Overview
This prompt aims to guide the development of an AI-enhanced coding platform similar to LeetCode. Programmers and learners will benefit from improved problem-solving tools and personalized feedback.
Prompt Overview
Purpose: This project aims to create a LeetCode-like platform enhanced by AI to improve coding problem-solving.
Audience: Targeted users include aspiring programmers, students, and professionals seeking to enhance their coding skills and efficiency.
Distinctive Feature: AI-driven features provide intelligent hints, code reviews, and error detection to support user learning and engagement.

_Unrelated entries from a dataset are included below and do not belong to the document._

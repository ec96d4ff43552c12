//! What the rule of a round table says to its users, and what each step does to the run shown.
//!
//! Together: a table opens with the empty run; each step of any thread is of one of the kinds, and
//! puts its own events, or none, before the run that the table showed; so at every moment the table
//! shows a run of the model, and the laws of every run hold of it.
ghost use Rattle.spindle_rounds.specs.RoundRuns.{EveryStep};
ghost use Rattle.spindle_rounds.specs.RoundTrails.{EveryMoment};
ghost use Rattle.spindle_rounds.specs.Headline.{Headline};

use crate::round_table::slots::SlotContents;
use spindle_parts::numbers::numbers_differ;
use spindle_parts::requests::books_balance;
use spindle_parts::steps::every_run;

/// The headline: what runs, steps, moments, thread numbers and the books of a lock promise, in one record.
pub fn headline<D: SlotContents>()
    ensures { Headline D.discipline }
{
    every_run();
    every_step::<D>();
    every_moment::<D>();
    numbers_differ();
    books_balance();
}

/// What each kind of step adds to the run that a table shows, whatever run that is.
///
/// A store to fill, a load that sees no stop, the leader's taking out and giving back of slots, and
/// an exchange that finds another value add nothing; a claim adds a take and a begin; the share
/// store adds a begin, and every other step the one event of its name.
///
/// There is no other kind: outside this crate nobody reaches the words of a table, since the field `table` of
/// `BarrierInit` and the kinds in `plays` are the crate's own.
pub fn every_step<D: SlotContents>()
    ensures { EveryStep D.discipline }
{}

/// What a table shows at every moment: a run of the model, whose last state words and seats show.
///
/// What began and finished in it is what the trails of all seats tell together. So no two of them
/// tell of one job.
pub fn every_moment<D: SlotContents>()
    ensures { EveryMoment D.discipline }
{
    every_run();
}
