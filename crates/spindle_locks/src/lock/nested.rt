//! Nested locks: what a job opens, to which idle helpers of the job's lock move.
//!
//! `child_lease` has the child slots in which they stand and how they close, whatever the kind of the nested lock; `child` and `rounds`
//! those whose pieces stand in trays.

mod child;
mod child_lease;
mod rounds;

pub use self::child::{Child, Nested, TakesHelpers, Under, help_from};
pub use self::child_lease::{
    ChildLease, ChildSlot, Leads, close, make_child_slots, serve_child_slots,
};
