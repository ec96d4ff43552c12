//! What leaders of different locks have in common: rounds into a list that the caller keeps, and rounds over the chunks of one list.
//!
//! Code that only runs rounds names `RunsRounds` and takes either leader.
ghost use denote.Param.Send.{IsSync};
ghost use Rattle.std.specs.Prelude.{◌≡◌, ◌<◌, [], ℕ, IfOk, IfErr, OnOk, OnErr, length, vec_len};
ghost use Rattle.std.specs.List.{AllZip};
ghost use Rattle.spindle_parts.specs.declared.fault.Fault.{Fault};
ghost use Rattle.spindle_parts.specs.declared.fault.Fault.TheVariants.{Memory};
ghost use Rattle.spindle_locks.specs.ChunkRounds.{IsMapped};
ghost use Rattle.spindle_locks.specs.Leaders.{threads_of, workers_of, IsBetweenRounds};
ghost use Rattle.spindle_locks.specs.Rounds.{job_count, never_of_none, GoesOnAs, IsRefusal};

use crate::lock::leader::Leader;
use crate::lock::workspace::Opens;
use crate::prelude::*;
use spindle_parts::lists::{ListRun, SharedList, gathered};
use std::mem;

/// What runs rounds over jobs of kind J: the leader of a lock, whichever kind of lock it is.
pub trait RunsRounds<J: Job> {
    /// The threads of its lock.
    ghost threads: { Self → ℕ };

    /// Why its round of so many jobs may be refused.
    ghost refuses: { Self → ℕ → Fault → Type 0 };

    /// It is in its lock's barrier, and nothing is published.
    ghost rests: { Self → Type 0 };

    /// The lock's threads.
    fn max_num_threads(&self) -> usize
        ensures threads { result ≡ threads self.now }
        ensures rests { rests self.now };

    /// As the leader's `for_each`, with the outputs in a list that the caller keeps: what stood there is dropped, and its memory
    /// serves again. The items are taken out of their list. After a refusal both lists are empty.
    fn for_each_into<H: Threads + Wait + Sync>(
        &mut self,
        rt: &H,
        alloc: Global,
        n_jobs: usize,
        items: &mut Vec<J::In>,
        outputs: &mut Vec<J::Out>,
    ) -> Result<(), Fault>
        requires sync { IsSync H.row }
        requires jobs { 0 < vec_len items.old → 0 < n_jobs }
        ensures answer { OnOk result (AllZip J.meets items.old.items outputs.new.items) }
        ensures taken { items.new.items ≡ [] }
        ensures given_up { OnErr result (outputs.new.items ≡ []) }
        ensures refused { IfErr result (refuses self.old (job_count (vec_len items.old) n_jobs)) }
        ensures goes_on { GoesOnAs threads refuses rests self.old self.new };

    /// Each of its rounds may be refused for want of memory,
    ghost may_want_memory: { (leader : Self) → (jobs : ℕ) → 0 < jobs → refuses leader jobs Memory };

    /// but a round of no jobs is never refused.
    ghost never_of_none: { (leader : Self) → (fault : Fault) → refuses leader 0 fault → ⊥ };
}

impl<'a, J: Opens<L>, G: Gate, L> RunsRounds<J> for Leader<'a, J, G, L> {
    ghost threads = { λ leader. threads_of leader };

    ghost refuses = { λ leader jobs. IsRefusal (workers_of leader) jobs };

    ghost rests = { λ leader. IsBetweenRounds leader };

    fn max_num_threads(&self) -> usize {
        self.leader_member.member.tables.counts.most()
    }

    fn for_each_into<H: Threads + Wait + Sync>(
        &mut self,
        rt: &H,
        alloc: Global,
        n_jobs: usize,
        items: &mut Vec<J::In>,
        outputs: &mut Vec<J::Out>,
    ) -> Result<(), Fault> {
        let items = mem::replace(items, Vec::new(alloc));
        self.round_into(rt, alloc, n_jobs, items, outputs)
    }

    ghost may_want_memory = { λ _ _ some. some };

    ghost never_of_none = { λ leader. never_of_none (workers_of leader) };
}

/// Rounds over the chunks of one list, by jobs that answer a list or a failure each. Whatever runs rounds over such jobs has them.
pub trait ChunkRounds<
    T: Eq + Drop,
    U: Drop,
    E: Drop,
    J: Job<In = ListRun<T>, Out = Result<Vec<U>, E>>,
>: RunsRounds<J> {
    /// Cuts the list into `n_jobs` chunks, or into as many as it has items where these are fewer, runs them in as many jobs, and
    /// answers the lists of all chunks joined in order, or the first failure among them.
    ///
    /// The chunks are those of `share_out_evenly`. An empty list is no chunk, and takes no memory. Where memory for the one list
    /// is refused, the answers are given up.
    fn map_chunks<H: Threads + Wait + Sync>(
        &mut self,
        rt: &H,
        alloc: Global,
        n_jobs: usize,
        list: &SharedList<T>,
    ) -> Result<Result<Vec<U>, E>, Fault>
        requires sync { IsSync H.row }
        requires jobs { 0 < length list.now → 0 < n_jobs }
        ensures answer { IfOk result (λ all. IsMapped J.meets n_jobs list.now all) }
        ensures refused { IfErr result
            (Self.RunsRounds.refuses self.old (job_count (length list.now) n_jobs)) }
        ensures goes_on { GoesOnAs Self.RunsRounds.threads Self.RunsRounds.refuses
            Self.RunsRounds.rests self.old self.new }
    {
        let _threads = self.max_num_threads();
        if list.is_empty() {
            return Ok(Ok(Vec::new(alloc)));
        }
        let mut chunks = list.share_out_evenly(alloc, n_jobs)?;
        let mut answers = Vec::new(alloc);
        self.for_each_into(rt, alloc, n_jobs, &mut chunks, &mut answers)?;
        gathered(alloc, answers)
    }
}

impl<
    T: Eq + Drop,
    U: Drop,
    E: Drop,
    J: Job<In = ListRun<T>, Out = Result<Vec<U>, E>>,
    R: RunsRounds<J>,
> ChunkRounds<T, U, E, J> for R {}
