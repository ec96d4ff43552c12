//! Opening a root lock: its tables are made, its helpers start, and at its end they are dismissed and joined.
ghost use Rattle.std.specs.Prelude.{◌≡◌, ◌<◌, [], IfOk, OnErr, IsErrOf, vec_len};
ghost use Rattle.std.specs.Fn.{FnOnceReturnsAtMut};
ghost use Rattle.spindle_locks.specs.Leaders.{threads_of, workers_of, WasLed};
ghost use Rattle.spindle_rounds.specs.Opening.{AreSeatsAt};
ghost use Rattle.spindle_rounds.specs.ThreadCounts.{lock_threads};

use crate::lock::helper::{help, join_as_leader};
use crate::lock::leader::Leader;
use crate::lock::nested::Leads;
use crate::lock::workspace::{Opens, TakesPart};
use crate::prelude::*;
use spindle_rounds::round::Round;
use spindle_rounds::round_table::slots::{Bare, SlotContents};
use spindle_rounds::threads::ThreadCounts;
use spindle_rounds::threads::leader_member::LeaderMember;
use spindle_rounds::threads::seats::Seats;
use spindle_rounds::threads::tables::Tables;
use std::thread;
use std::thread::{JoinHandle, Scope};

/// Opens a lock over jobs of kind J, runs f with its leader, and closes the lock.
///
/// The lock has the least of the pool's threads, `max_threads` and 32767, its leader counted. A refusal hasn't run f.
/// Called inside a lock it opens another root lock, where spindle would open a nested one.
pub fn with_lock<
    J: Opens<L> + Send,
    G: Gate + Sync,
    R,
    F: FnOnce(&mut Leader<J, G, L>) -> R,
    L: Send + Sync + Drop,
    H: Threads + Wait + Sync,
>(rt: &H, alloc: Global, pool: &Pool<G>, max_threads: usize, f: F) -> Result<R, Fault>
where
    J::In: Send + Sync,
    J::Out: Send,
    J::Inner: Send,
    <J::Inner as Nest>::ChildSlots: Send + Sync,
    requires some { 0 < max_threads }
    requires callable { F.IsAlwaysCallable f }
    ensures promise { IfOk result (λ r. (old : _) × (new : _)
        × (threads_of old ≡ lock_threads pool.now.threads max_threads)
        × (workers_of old ≡ threads_of old)
        × FnOnceReturnsAtMut F.FnOnce f old r new) }
    ensures memory { OnErr result (IsErrOf result Fault.Memory) }
{
    let counts = ThreadCounts::new(pool.max_num_threads(), max_threads);
    let workspace = J::open(alloc, counts.threads())?;
    let (round, seat) = Round::new(alloc, counts.threads())?;
    let child_slots = J::Inner::child_slot_count(counts.threads());
    let (tables, seats) = Tables::new(alloc, counts, pool.idling(), child_slots, round, seat)?;
    let leader_start = LeaderStart::new(alloc, &tables, &workspace, pool, seats)?;
    Ok(scoped(rt, alloc, leader_start, f))
}

// Starts the helpers, runs f, and dismisses and joins them.
fn scoped<
    J: Opens<L> + CrossesThreads,
    G: Gate + Sync,
    R,
    F: FnOnce(&mut Leader<J, G, L>) -> R,
    L: Send + Sync,
    H: Threads + Wait + Sync,
>(rt: &H, alloc: Global, leader_start: LeaderStart<'_, Bare, G, L>, f: F) -> R
    requires callable { F.IsAlwaysCallable f }
    ensures { let counts = leader_start.entry.tables.now.counts in
        WasLed counts.most counts.threads F.FnOnce f result }
{
    thread::scope(
        thread::scope_env(),
        rt,
        |scope| -> R
            requires callable { F.IsAlwaysCallable f }
            ensures { let counts = leader_start.entry.tables.now.counts in
                WasLed counts.most counts.threads F.FnOnce f result }
        {
            let workspace = leader_start.workspace;
            let (member, runner, helpers) = leader_start.start_helpers::<_, J, H>(scope, rt, alloc);
            let mut leader = Leader::new(workspace, runner, member);
            let answer = f(&mut leader);
            leader.dismiss(rt);
            helpers.join(rt);
            answer
        },
    )
}

/// A kind of job whose inputs, outputs and nested locks threads may hand to each other.
pub trait CrossesThreads: Job<
    In: Send + Sync,
    Out: Send,
    Inner: Nest<ChildSlots: Send + Sync> + Send,
>
    + Send {}

impl<J: Job + Send> CrossesThreads for J
where
    J::In: Send + Sync,
    J::Out: Send,
    J::Inner: Send,
    <J::Inner as Nest>::ChildSlots: Send + Sync,
{}

/// What the leader of a lock comes to: the lock's tables, what stands beside them, its pool, the leader's seats, and room for the
/// helpers, which is made before the first starts, so that no memory is refused then.
#[derive(Drop)]
pub struct LeaderStart<'s, D: SlotContents, G: Gate, L> {
    tables: &'s Tables<D>,
    workspace: &'s L,
    pool: &'s Pool<G>,
    seats: Seats<D>,
    threads: Vec<JoinHandle<()>>,
    ghost seated: { AreSeatsAt tables.now seats },
    ghost empty: { vec_len threads ≡ 0 },
}

impl<
    's,
    D: SlotContents<Slot: Send, Note: Send> + Send + 's,
    G: Gate + Sync,
    L: Send + Sync,
> LeaderStart<'s, D, G, L> {
    /// Makes room for the helpers that the pool starts for a lock.
    pub fn new(
        alloc: Global,
        tables: &'s Tables<D>,
        workspace: &'s L,
        pool: &'s Pool<G>,
        seats: Seats<D>,
    ) -> Result<LeaderStart<'s, D, G, L>, AllocError>
        requires { AreSeatsAt tables.now seats }
        ensures { IfOk result (λ start. start.tables.now ≡ tables.now) }
    {
        let threads = Vec::with_capacity(alloc, pool.helpers(tables.counts.threads()))?;
        Ok(LeaderStart {
            tables,
            workspace,
            pool,
            seats,
            threads,
        })
    }

    /// Starts as many helpers as there is room for, and makes the leader a member, which runs jobs with what comes beside. A helper that
    /// can't be started is left out.
    pub fn start_helpers<E, J: CrossesThreads + 's, H: Threads + Wait + Sync + 's>(
        self,
        scope: &Scope<'s, E>,
        rt: &'s H,
        alloc: Global,
    ) -> (LeaderMember<'s, D>, Runner<'s, J, G>, Helpers)
    where
        L: TakesPart<J, D>,
        ensures tables { result.0.member.tables.now ≡ self.entry.tables.now }
        ensures counts { result.1.site.counts ≡ self.entry.tables.now.counts }
        ensures slots { let seat = result.0.member.barrier.seat in
            (seat.me.1 ≡ []) × (seat.me.0.board ≡ []) }
    {
        let LeaderStart {
            tables,
            workspace,
            pool,
            mut seats,
            mut threads,
        } = self;
        let gate = pool.gate();
        for asked in 0..threads.capacity() {
            let helper_seats = seats.helper_seats(tables);
            let life = move || drop(help::<D, J, L, G>(rt, alloc, helper_seats, workspace, gate));
            if let Ok(thread) = scope.spawn(life) {
                threads.push_reserved(thread);
            }
        }
        let (member, runner) = join_as_leader::<D, J, G, L, H>(rt, tables, workspace, gate, seats);
        (member, runner, Helpers { threads })
    }
}

/// The helpers of a lock that have started. It can't be dropped: they are joined.
pub struct Helpers {
    threads: Vec<JoinHandle<()>>,
}

impl Helpers {
    /// Waits until each thread has ended. They were told before.
    pub fn join<H: Threads>(self, rt: &H) {
        let Helpers { threads } = self;
        for thread in threads {
            thread.join(rt);
        }
    }
}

Outcome: Users will experience a more interactive and educational coding environment, fostering skill development and problem-solving capabilities.
Quick Specs
- Media: Text
- Use case: Generation
- Industry: Development Tools & DevOps, Productivity & Workflow
- Techniques: Plan-Then-Solve, Role/Persona Prompting, Structured Output
- Models: GPT-4o
- Estimated time: 5-10 minutes
- Skill level: Beginner
Variables to Fill
No inputs required — just copy and use the prompt.
Example Variables Block
No example values needed for this prompt.
The Prompt
Create a comprehensive LeetCode clone that integrates AI capabilities to enhance user experience and problem-solving efficiency.
The platform should allow users to browse, solve, and submit coding problems similar to LeetCode, with added AI-driven features such as intelligent hints, code review, and error detection.
**Key Requirements:**
– Problem Listing:
– Display a wide range of coding problems with difficulty levels and categories.
– Code Editor:
– Provide an interactive coding environment supporting multiple programming languages.
– AI Assistance:
– Implement AI features including:
– Intelligent hints guiding users toward solutions without fully disclosing the answer.
– Automated code review highlighting potential optimizations or bugs.
– Error detection and explanation for common mistakes.
– User Accounts:
– Enable user registration and progress tracking.
– Submission Evaluation:
– Run submitted code against test cases and provide feedback.
**Steps:**
1. Design the database schema for:
– Problems
– Users
– Submissions
– AI feedback
2. Develop the frontend interface mirroring LeetCode’s user experience.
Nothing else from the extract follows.